Combined with Software Timers

// Timeout detection for stalled streams
TimerHandle_t xStreamTimeoutTimer;

// Stream receive callback (called when data arrives)
void vStreamReceiveCallback(StreamBufferHandle_t xStream, BaseType_t xBytesReceived)
{
    // Restart timeout timer on data activity
    xTimerResetFromISR(xStreamTimeoutTimer, NULL);
}

// Timer callback (stream stalled)
void vStreamTimeoutCallback(TimerHandle_t xTimer)
{
    // Handle stalled stream - flush, reset, or error recovery
    handle_stream_stall();
}

// In initialization:
xStreamTimeoutTimer = xTimerCreate(
    "StreamTimeout",
    pdMS_TO_TICKS(2000), // 2 second timeout
    pdFALSE,             // Don't auto-reload
    (void*)xUartStream,  // Timer ID = stream handle
    vStreamTimeoutCallback
);

// Set stream buffer receive callback
vStreamBufferSetReceiveCallback(xUartStream, vStreamReceiveCallback);

// Start the timeout timer (will be reset on data activity)
xTimerStart(xStreamTimeoutTimer, 0);

Conclusion

FreeRTOS Message Buffers and Stream Buffers provide efficient, high-throughput mechanisms for data transfer between tasks and interrupts. Their low memory overhead, ISR-safe APIs, and DMA-friendly design make them superior to traditional queues for large data transfers.

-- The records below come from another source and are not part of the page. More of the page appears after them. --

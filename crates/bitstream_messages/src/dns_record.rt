//! A resource record (RFC 1035, 4.1.3).
//!
//! Made by `./format` from formats/dns_record.fields: edit that file and make this one anew.
ghost use Rattle.bitstream_messages.specs.DnsRecord.{dns_record_decoder, dns_record_writes, dns_record_size, dns_record_bits, Fits, becomes_dns_record, dns_name_error};
ghost use Rattle.bitstream_messages.specs.declared.dns_record.DnsRecord.{DnsRecord};
ghost use Rattle.bitstream_messages.specs.declared.dns_record.DnsRecordError.{DnsRecordError};
ghost use Rattle.bitstream_messages.specs.declared.dns_record.DnsRecordError.TheVariants.{Reader};
ghost use Rattle.std.specs.Prelude.{◌≡◌, ◌<◌, ◌≤◌, ◌*◌, ◌++◌, ◌⊎◌, ℕ, Bool, true, List, Ok, Err, length, IfOk, IsOk};
ghost use Rattle.std.specs.declared.io.ErrorKind.TheVariants.{WriteZero};
ghost use Rattle.bitstream_io.specs.Callers.{Done, Error, Order, High, bits, write_sequence, OwnAnswer, WritesAll, AllAccepted, sequence_length, sure_answer, GrowsOwn, MayAllocate, OutOfMemory, Stream, same_error};
ghost use Rattle.bitstream_io.specs.SliceMut.{HoldsFirst, written_bytes};

use crate::dns_name::{DnsName, DnsNameError};
use bitstream_io::{
    BE, BitRead, BitReadExt, BitReader, BitWrite, BitWriteExt, Bits, Error, FromBitStreamUsing,
    SliceMut, ToBitStream, pack_into,
};
use std::alloc::Global;
use std::marker::Model;

/// A resource record (RFC 1035, 4.1.3).
///
/// ```text
///  0                   1                   2                   3
///  0 1 2 3 4 5 6 7 8 9 0 1 2 3 4 5 6 7 8 9 0 1 2 3 4 5 6 7 8 9 0 1
/// +-+-+-+-+-+-+-+-+-+-+-+-+-+-+-+-+-+-+-+-+-+-+-+-+-+-+-+-+-+-+-+-+
/// /                         name (DnsName)                        /
/// +-+-+-+-+-+-+-+-+-+-+-+-+-+-+-+-+-+-+-+-+-+-+-+-+-+-+-+-+-+-+-+-+
/// |              kind             |             class             |
/// +-+-+-+-+-+-+-+-+-+-+-+-+-+-+-+-+-+-+-+-+-+-+-+-+-+-+-+-+-+-+-+-+
/// |                              ttl                              |
/// +-+-+-+-+-+-+-+-+-+-+-+-+-+-+-+-+-+-+-+-+-+-+-+-+-+-+-+-+-+-+-+-+
/// |           data_bytes          |
/// +-+-+-+-+-+-+-+-+-+-+-+-+-+-+-+-+-+-+-+-+-+-+-+-+-+-+-+-+-+-+-+-+
/// /                    data (data_bytes bytes)                    /
/// +-+-+-+-+-+-+-+-+-+-+-+-+-+-+-+-+-+-+-+-+-+-+-+-+-+-+-+-+-+-+-+-+
/// ```
#[derive(Debug, Drop)]
pub struct DnsRecord {
    /// The name that it belongs to.
    pub name: DnsName,
    /// The type, as 1 for an address of IPv4.
    pub kind: u16,
    /// The class, 1 for the Internet.
    pub class: u16,
    /// The time that it may be kept, in seconds.
    pub ttl: u32,
    /// The data. Names in them may be pointers.
    pub data: Vec<u8>,
}

impl Model for DnsRecord {
    ghost use Rattle.bitstream_messages.specs.DnsRecordFields.{DnsRecordFields};

    ghost Value = { DnsRecordFields };

    ghost view = { λ value. record {
      name = value.name;
      kind = value.kind;
      class = value.class;
      ttl = value.ttl;
      «data» = value.data.items;
    } };
}

/// The errors of reading a `DnsRecord`.
#[derive(Debug, Drop, thiserror::Error)]
pub enum DnsRecordError {
    /// An error of the reader.
    #[error("{0}")]
    Reader(Error),
    /// An error of a `DnsName` that is not the reader's.
    #[error("in a `DnsName`: {0}")]
    InDnsName(DnsNameError),
}

impl From<Error> for DnsRecordError {
    ghost from_gives = { becomes_dns_record };

    fn from(error: Error) -> DnsRecordError {
        DnsRecordError::Reader(error)
    }
}

impl From<DnsNameError> for DnsRecordError {
    ghost from_gives = { λ error own. own ≡ dns_name_error error };

    fn from(error: DnsNameError) -> DnsRecordError {
        match error {
            DnsNameError::Reader(error) => DnsRecordError::Reader(error),
            DnsNameError::InDnsLabel(error) => DnsRecordError::InDnsName(DnsNameError::InDnsLabel(
                error,
            )),
        }
    }
}

impl DnsRecord {
    /// Reads the fields in order.
    ///
    /// # Errors
    ///
    /// `InDnsName`, after the rejected bits have been read.
    /// `Reader(OutOfMemory)` if an allocation for a list fails. The items before the failure
    /// have been read.
    /// Otherwise the reader's errors, after which it has failed.
    pub fn read<R: BitRead>(reader: &mut R, alloc: Global) -> Result<DnsRecord, DnsRecordError>
        ensures { GrowsOwn R.source becomes_dns_record (dns_record_decoder R.source.order) reader.old result reader.new }
    {
        let name = DnsName::read(reader, alloc)?;
        let kind = reader.read::<Bits<16>, u16>()?;
        let class = reader.read::<Bits<16>, u16>()?;
        let ttl = reader.read::<Bits<32>, u32>()?;
        let data_bytes = reader.read::<Bits<16>, u64>()?;
        let data_ = reader.read_to_vec(alloc, data_bytes as usize)?;
        Ok(DnsRecord {
            name,
            kind,
            class,
            ttl,
            data: data_,
        })
    }

    /// Parses the value at the start of `packet`.
    ///
    /// # Errors
    ///
    /// `InDnsName` if bits are rejected.
    /// `Reader(EndOfInput)` if the bytes end before the fields do.
    /// `Reader(RunTooLong)` if the last part is not among the first 2^32.
    /// `Reader(OutOfMemory)` if the allocation for an item of a list fails.
    pub fn parse(packet: &[u8], alloc: Global) -> Result<DnsRecord, DnsRecordError>
        ensures answer { (OwnAnswer becomes_dns_record (λ answer. answer)
            (sure_answer ((dns_record_decoder High).reads 0 (bits High packet.now))) result)
            ⊎ ((result ≡ Err (DnsRecordError.Reader OutOfMemory))
            × MayAllocate (dns_record_decoder High) 0 (bits High packet.now)) }
        ensures back { (value : DnsRecord) (more : List Bool) → Fits value
            → bits High packet.now ≡ write_sequence (dns_record_writes High value) 0 ++ more
            → (result ≡ Ok value)
            ⊎ (result ≡ Err (DnsRecordError.Reader OutOfMemory)) }
    {
        dns_record_round_trip();
        DnsRecord::read(&mut BitReader::<_, BE>::over(packet), alloc)
    }

    /// Writes the fields in order.
    ///
    /// # Errors
    ///
    /// `Checked` for a field that does not fit its bits. The fields before it have been written.
    /// Otherwise the sink's errors.
    pub fn write<W: BitWrite>(&self, writer: &mut W) -> Result<(), Error>
        ensures { WritesAll W.sink (dns_record_writes W.sink.order self.now) writer.old result writer.new }
    {
        self.name.write(writer)?;
        writer.write::<Bits<16>, u16>(self.kind)?;
        writer.write::<Bits<16>, u16>(self.class)?;
        writer.write::<Bits<32>, u32>(self.ttl)?;
        writer.write::<Bits<16>, u64>(self.data.len() as u64)?;
        writer.write_bytes(&self.data)?;
        Ok(())
    }

    /// Writes the fields to the first bytes of a buffer, and returns what was written. The other bytes
    /// stay as they were. Does not allocate.
    ///
    /// # Errors
    ///
    /// `Checked` for the first field that does not fit its bits, however long the buffer is.
    /// `Stream(WriteZero)` if all fields fit, and the buffer is too short for the bits.
    /// After an error, the first bytes of the buffer may have changed.
    pub fn pack_into<'a>(&self, buffer: &'a mut [u8]) -> Result<SliceMut<'a>, Error>
        ensures packed { IfOk result (λ packed. bits High (written_bytes packed) ≡ dns_record_bits self.now) }
        ensures first { IfOk result (HoldsFirst buffer.entry.ghost_name buffer.old) }
        ensures accepted { IsOk result → AllAccepted (dns_record_writes High self.now) 0 }
        ensures misfit { (error : Error) → sequence_length (dns_record_writes High self.now) 0 ≡ Err error
            → result ≡ Err error }
        ensures room { Fits self.now → dns_record_size High self.now ≤ 8 * length buffer.old
            → IsOk result }
        ensures short { Fits self.now → 8 * length buffer.old < dns_record_size High self.now
            → result ≡ Err (Stream WriteZero) }
    {
        pack_into::<BE, DnsRecord>(self, buffer)
    }
}

impl FromBitStreamUsing for DnsRecord {
    type Context = Global;

    type Error = DnsRecordError;

    ghost grows = { true };

    ghost becomes = { becomes_dns_record };

    ghost reads = { λ o _. dns_record_decoder o };

    fn from_reader<R: BitRead>(reader: &mut R, alloc: Global) -> Result<DnsRecord, DnsRecordError> {
        DnsRecord::read(reader, alloc)
    }
}

impl ToBitStream for DnsRecord {
    type Error = Error;

    ghost becomes = { same_error };

    ghost writes = { dns_record_writes };

    fn to_writer<W: BitWrite>(&self, writer: &mut W) -> Result<(), Error> {
        self.write(writer)
    }
}

/// A value that fits its bits is read back as it was written, in either order of bits, at any place.
/// The read takes only the bits that were written: `dns_record_size` is their number.
pub fn dns_record_round_trip()
    ensures back { (o : Order) (value : DnsRecord) (at from : ℕ) (more : List Bool) → Fits value
        → let written = write_sequence (dns_record_writes o value) at in
        (dns_record_decoder o).reads from (written ++ more) ≡ Done (length written) (Ok (Ok value)) }
    ensures size { (o : Order) (value : DnsRecord) (at : ℕ) → Fits value
        → length (write_sequence (dns_record_writes o value) at) ≡ dns_record_size o value }
{}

Choose Message Buffers when:

You need discrete, variable-length messages
Message boundaries are important
You’re transferring structured data or packets
You want length-encoded message storage

Choose Stream Buffers when:

You have a continuous byte stream
Message boundaries don’t matter or are handled externally
You’re streaming sensor data, audio, or protocol bytes
You want arbitrary chunk-sized reads/writes

Both primitives excel in scenarios involving DMA, high-speed communication, and real-time data processing where traditional queues would introduce excessive overhead or latency. By understanding their characteristics and best practices, you can design efficient data pipelines that maximize throughput while minimizing CPU overhead in your FreeRTOS-based embedded systems.

References

FreeRTOS Kernel Documentation, Message Buffer Management, https://www.freertos.org/Message-Buffers.html
FreeRTOS Kernel Documentation, Stream Buffer Management, https://www.freertos.org/Stream-Buffers.html
Richard Barry, FreeRTOS Reference Manual, FreeRTOS.org, 2023
ARM Limited, DMA Controller (DMAC) in Cortex-M Processors, ARM DDI 0484A
STMicroelectronics, STM32F7xx Reference Manual RM0385, Section 12 (DMA) and Section 27 (MDMA)
Leslie Lamport, Time, Clocks, and the Ordering of Events in a Distributed System, Communications of the ACM, 1978

Frequently Asked Questions

What is the difference between Message Buffers and Stream Buffers in FreeRTOS?

Message Buffers are designed for discrete, variable-length messages where each send/write operation corresponds to a complete message. Stream Buffers are designed for a continuous stream of bytes where the concept of individual messages doesn't exist - data can be read/write in any byte-aligned chunks.

When should I use Stream Buffers instead of Message Buffers?

Use Stream Buffers when you have a continuous data stream like audio samples, sensor data logging, or protocol byte streams where you don't need message boundaries. Use Message Buffers when you need to send discrete packets, commands, or structured data where each buffer operation represents a complete logical message.

Are Message Buffers and Stream Buffers interrupt-safe?

Yes, both Message Buffers and Stream Buffers are designed to be used from interrupt service routines (ISRs) without disabling interrupts. They provide ISR-safe APIs like xMessageBufferSendFromISR() and xStreamBufferSendFromISR() that can be called from interrupt context to send data directly to tasks.